- Theatrical release poster
- Directed by: Josiane Balasko
- Written by: Josiane Balasko
- Produced by: Josiane Balasko Louis Becker
- Starring: Karin Viard Thierry Lhermitte Josiane Balasko
- Cinematography: Pascal Gennesseaux
- Edited by: Claudine Merlin
- Music by: Mark Russell
- Production company: ICE3
- Distributed by: Warner Bros. Pictures
- Release date: 2 February 2005;
- Running time: 95 minutes
- Country: France
- Language: French
- Budget: $8.2 million
- Box office: $6.8 million

= The Ex-Wife of My Life =

The Ex-Wife of My Life or L'Ex-femme de ma vie is a 2005 French comedy-drama film directed by Josiane Balasko and starring Balasko, Karin Viard and Thierry Lhermitte. It is the sixth film directed by Balasko.

==Plot==
Tom is a successful popular novelist. He will soon marry again. However, he meets his previous wife in a restaurant. She is penniless, homeless, and seven and a half months pregnant. She asks him for help. Tom decides to host her.
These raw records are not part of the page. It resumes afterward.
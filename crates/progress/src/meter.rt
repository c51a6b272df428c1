//! How much of how much.
use std::sync::atomic::{AtomicU64, Ordering};

/// How much of a work is done, and of how much. Threads share it.
#[derive(Drop)]
pub struct Meter {
    done: AtomicU64,
    whole: AtomicU64,
}

impl Meter {
    pub(crate) fn new() -> Meter {
        Meter {
            done: AtomicU64::new(0),
            whole: AtomicU64::new(0),
        }
    }

    /// A work of this size begins, 0 where it is not known.
    pub fn begin(&self, whole: u64) {
        self.done.store(0, Ordering::Relaxed);
        self.whole.store(whole, Ordering::Relaxed);
    }

    /// So much more is done.
    pub fn advance(&self, by: u64) {
        self.done.fetch_add(by, Ordering::Relaxed);
    }

    pub(crate) fn done(&self) -> u64 {
        self.done.load(Ordering::Relaxed)
    }

    pub(crate) fn whole(&self) -> u64 {
        self.whole.load(Ordering::Relaxed)
    }
}
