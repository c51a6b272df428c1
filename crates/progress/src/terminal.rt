//! The line of a terminal on which progress stands until the program writes there.
use crate::progress::Progress;
use std::alloc::{AllocError, Global};
use std::io::Write;
use std::sync::{Condvar, Mutex, Wait};
use std::time::{Clock, Duration};

/// The milliseconds that pass before the first line stands.
const PATIENCE: u64 = 1_000;

/// The milliseconds that a line stands before the next.
const TURN: u64 = 200;

/// To the front of the line; what is too long is cut at the end of it.
const BEFORE: &str = "\r\x1b[?7l";

/// The rest of the line is erased, and long texts go on in the next line again.
const BEHIND: &str = "\x1b[K\x1b[?7h";

/// To the front of the line, which is erased.
const ERASED: &str = "\r\x1b[K";

/// The line, and who may write it.
#[derive(Drop)]
struct State<W> {
    writer: W,
    stands: bool,
    is_over: bool,
}

/// The last line of a terminal.
#[derive(Drop)]
pub struct TerminalLine<W> {
    state: Mutex<State<W>>,
    over: Condvar,
}

impl<W: Write> State<W> {
    /// The text stands in the line, as far as the terminal takes it.
    fn show(&mut self, text: &str) {
        self.stands = true;
        let _ = self.writer.write_all(text.as_bytes());
    }

    fn erase(&mut self) {
        if self.stands {
            self.stands = false;
            let _ = self.writer.write_all(ERASED.as_bytes());
        }
    }
}

impl<W: Write> TerminalLine<W> {
    /// The line of the terminal that the writer writes to. Nothing ever stands there if nobody watches it.
    pub fn new(writer: W, is_watched: bool) -> TerminalLine<W> {
        TerminalLine {
            state: Mutex::new(State {
                writer,
                stands: false,
                is_over: !is_watched,
            }),
            over: Condvar::new(),
        }
    }

    /// Nothing stands there just now.
    pub fn erase<R: Wait>(&self, rt: &R) {
        self.state.lock(rt).erase();
    }

    /// Nothing stands there from now on.
    pub fn end<R: Wait>(&self, rt: &R) {
        let mut state = self.state.lock(rt);
        state.erase();
        state.is_over = true;
        drop(state);
        self.over.notify_all();
    }

    /// Tells there how far a command is, from a second on, and ends as soon as nothing is to stand there any more. `work` names
    /// what the command does beside reading and answering.
    pub fn follow<R: AllocGlobal + Wait + Clock>(&self, rt: &R, progress: &Progress, work: &str) {
        let mut left = PATIENCE;
        for _ in rt.forever() {
            let state = self.state.lock(rt);
            let time = Duration::from_millis(left);
            let (mut state, _) = self
                .over
                .wait_timeout_while(rt, state, time, |state| !state.is_over);
            if state.is_over {
                return;
            }
            if let Ok(text) = line_of(rt.alloc(), progress, work) {
                state.show(text.as_str());
            }
            left = TURN;
        }
    }
}

/// What is written where a line stands.
fn line_of(alloc: Global, progress: &Progress, work: &str) -> Result<String, AllocError> {
    let text = progress.line(alloc, work)?;
    format!(in alloc; "{BEFORE}{text}{BEHIND}")
}
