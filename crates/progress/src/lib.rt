//! How far a command is, for people who watch a terminal.
//!
//! Whoever does the work moves the [`Meter`]s of a [`Progress`] on, and waits for nobody. [`Counted`] is a reader whose bytes move
//! one on. Another thread has a [`TerminalLine`] tell them; a [`BesideLine`] is a writer before whose writes the line is erased.
//!
//! ```rust
//! progress.begin_file(alloc, "book.txt", 300_000_000);
//! progress.file().advance(120_000_000);
//! progress.line(alloc, "planning")?    // reading "book.txt": 120 of 300 MB
//! ```
//!
//! Proved: a counted reader has the bytes left of its reader, and a writer beside the line holds the bytes of its writer. The
//! lines are for people, and no clause says what they are.
#![tactic(auto)]

mod amounts;
mod beside;
mod counted;
mod meter;
mod progress;
mod terminal;

pub use beside::BesideLine;
pub use counted::Counted;
pub use meter::Meter;
pub use progress::Progress;
pub use terminal::TerminalLine;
Quickly, his ex-wife and her psychiatrist friend invade his home.

==Cast==

- Thierry Lhermitte as Tom
- Karin Viard as Nina
- Josiane Balasko as Marie-Pierre Sarrazin
- Nadia Farès as Ariane
- Didier Flamand as René
- Micheline Dax as Madame Belin
- Nicolas Silberg as Bourdin
- Francia Seguy as Madeleine
- Stella Rocha as Tamira
- Walter Dickerson as Elvire
- Joseph Menant as Lulu
- Sylvie Herbert as Geneviève
- George Aguilar as Forcené M. Alvarez
- Dolly Golden as Cynthia
- Raymonde Bourgeois as Rebecca
- Dominique Aliot as Marilyn
- Luciano Federico as The cooker
- Lucien Jean-Baptiste as The inspector

==Release==
The film premiered at the Marrakech International Film Festival in 2004.